The Group also enhanced its KrisFlyer loyalty programme to provide members with greater value and flexibility. This included Scoot’s new KrisFlyer award chart, which allows members to redeem one-way flights from as low as 1,500 miles, and adjustments to KrisFlyer accrual and redemption tiers across Singapore Airlines and Scoot. Together with refreshed milestone rewards and an expanded range of lifestyle and travel partners, these enhancements allow KrisFlyer members to enjoy a more seamless and rewarding experience across the SIA Group’s ecosystem.

The Company plans to return capital to shareholders via a special dividend package of 10 cents per share annually over three financial years, amounting to about USD 0.9 billion over the three years, reflecting the SIA Group’s strong financial position.

As the first payment from this package, the Board has declared an interim special dividend of 3 cents per share, to be paid on 23 December 2025 to shareholders as of 8 December 2025. The second tranche of 7 cents per share for FY2025/26 is subject to shareholders’ approval at the Annual General Meeting in 2026. 

Barring unforeseen circumstances and subject to the requisite shareholder approval, the Company expects to pay special dividends amounting to 10 cents per share in each of the subsequent two financial years (FY2026/27 and FY2027/28)

The Board has also declared an interim dividend of 5 cents per share for the half-year ended September 30, 2025. This will be paid on December 23, 2025 to shareholders as of 8 December 2025.

 This brings the total dividend for the first half of FY2025/26 to 8 cents per share, comprising the 3-cent interim special dividend and 5-cent interim dividend.

Demand for air travel remains resilient heading into the third quarter of FY2025/26, supported by the year-end peak. The Group will remain proactive and agile, adjusting its passenger network and capacity to match evolving demand patterns and maximise revenue opportunities. 

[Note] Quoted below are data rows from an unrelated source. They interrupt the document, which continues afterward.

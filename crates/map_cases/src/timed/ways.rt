//! The ways that are run on.

/// How many tags a way has: the direction, the road, its direction, bicycles, a junction and a
/// cycle route.
pub(crate) const TAGS: u32 = 6;

/// How many ways there are.
pub(crate) const WAYS: usize = 64;

/// The number of a tag with two listed values that is not set, or set to one of them.
fn one_of_two(number: u16) -> u16 {
    match number % 3 {
        0 => 0,
        1 => 2,
        _ => 3,
    }
}

/// The number of a tag with one listed value that is not set, or set to it.
fn one(number: u16) -> u16 {
    number % 2 * 2
}

/// The tag numbers of the way of a number, in the order of the table.
fn way(number: u16) -> [u16; 6] {
    [
        one(number / 2),
        number % 6,
        one_of_two(number / 6),
        one_of_two(number / 18),
        one(number / 8),
        one(number / 32),
    ]
}

/// The tag numbers of all ways.
pub(crate) fn ways() -> [[u16; 6]; WAYS] {
    let mut ways = [[0; 6]; WAYS];
    for number in 0..WAYS {
        ways[number] = way(number as u16);
    }
    ways
}
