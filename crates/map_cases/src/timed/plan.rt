//! What is done with a profile on a map.

use crate::timed::words::small_at;

/// How many searches, how many labels each may settle, whether descents have a price, and whether
/// it goes from junction to junction.
#[derive(Clone, Copy)]
pub(crate) struct Plan {
    pub(crate) searches: u32,
    pub(crate) limit: u32,
    pub(crate) hilly: bool,
    pub(crate) by_runs: bool,
}

/// What is done: the profile is bound so many times, or bound once and searched by.
#[derive(Clone, Copy)]
pub(crate) enum Task {
    /// Binds so many times.
    Bind { times: u32 },
    /// Searches as planned.
    Search { plan: Plan },
}

/// The plan that the first four words say.
pub(crate) fn plan_of(words: &[String]) -> Plan {
    Plan {
        searches: small_at(words, 0, 4),
        limit: small_at(words, 1, 4_294_967_295),
        hilly: small_at(words, 2, 1) > 0,
        by_runs: small_at(words, 3, 0) > 0,
    }
}

impl Task {
    /// How often the profile is bound.
    pub(crate) fn times(&self) -> u32 {
        match *self {
            Task::Bind { times } => times,
            Task::Search { .. } => 1,
        }
    }

    /// Whether descents have a price.
    pub(crate) fn is_hilly(&self) -> bool {
        match *self {
            Task::Bind { .. } => true,
            Task::Search { plan } => plan.hilly,
        }
    }
}
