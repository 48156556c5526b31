//! The nodes that wait for their cost.

ghost use Rattle.std.specs.Prelude.{◌≡◌, [], OnOk};
ghost use Rattle.cost_table.specs.Waiting.{NoneWaits, WaitsNoLonger, WaitsToo, waits_among};

use std::alloc::{AllocError, Global};
use std::collections::HashSet;
use std::marker::Model;

/// How many marks there are.
const MARKS: usize = 64;

/// Nodes that wait, in a set with marks before it: the mark at `node % MARKS` is set for each node
/// that was added, and stays as the node is taken. Where a mark isn't set no node of it waits, and
/// the set isn't asked, whose hash costs far more.
///
/// Contracts see it as the list of the nodes that wait.
pub(crate) struct Waiting {
    nodes: HashSet<u32>,
    marks: [bool; MARKS],
}

impl Drop for Waiting {
    fn drop(self) {
        let Waiting { nodes: _, marks: _ } = self;
    }
}

impl Model for Waiting {
    ghost use Rattle.std.specs.Prelude.{ℕ, List};
    ghost use Rattle.cost_table.specs.Waiting.{AreMarked};

    ghost Value = { List ℕ };

    ghost view = { λ w. w.nodes.keys };

    ghost invariant = { λ w. AreMarked w.nodes.keys w.marks };
}

impl Waiting {
    /// None waits.
    pub(crate) fn new(alloc: Global) -> Waiting
        ensures value { result ≡ [] }
    {
        Waiting {
            nodes: HashSet::new(alloc),
            marks: [false; MARKS],
        }
    }

    /// A node waits too.
    pub(crate) fn add(&mut self, node: u32) -> Result<(), AllocError>
        ensures adds { OnOk result (WaitsToo node (waits_among self.old) (waits_among self.new)) }
    {
        self.nodes.insert(node)?;
        self.marks[node as usize % MARKS] = true;
        Ok(())
    }

    /// A node waits no longer. Tells whether it did.
    pub(crate) fn take(&mut self, node: u32) -> bool
        ensures test { result ≡ waits_among self.old node }
        ensures taken { WaitsNoLonger node (waits_among self.old) (waits_among self.new) }
    {
        if !self.marks[node as usize % MARKS] {
            return false;
        }
        self.nodes.remove(&node)
    }

    /// Whether none waits.
    pub(crate) fn is_empty(&self) -> bool
        ensures exact { NoneWaits (waits_among self.now) result }
    {
        self.nodes.is_empty()
    }
}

The air cargo segment remains uncertain amid shifting trade policies and market dynamics. While cargo volumes are growing on the back of the Group’s diversified network and verticals, yields remain under pressure as airlines redeploy cargo capacity from the United States of America to other lanes.

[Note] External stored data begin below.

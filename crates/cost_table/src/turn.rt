//! What a turn of a reach answers.

/// What a turn of a reach answers.
#[derive(Clone, Copy, Drop)]
pub enum ReachTurn {
    /// It settled as many labels as the quota says, and goes on.
    More,
    /// All that is asked for is found.
    Done,
    /// As many labels are settled as the limit allows, and one more would be.
    Budget,
}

 The airline industry continues to face challenges from geopolitical tensions, macroeconomic headwinds, inflationary cost pressures, and supply chain constraints. The SIA Group remains well-positioned to navigate this environment, supported by its strong balance sheet, disciplined cost management, robust digital capabilities, and a highly talented and resilient workforce. The Group will continue to invest in the three pillars of its brand promise – service excellence, product leadership, and network connectivity – to strengthen competitiveness, and drive long-term, sustainable growth.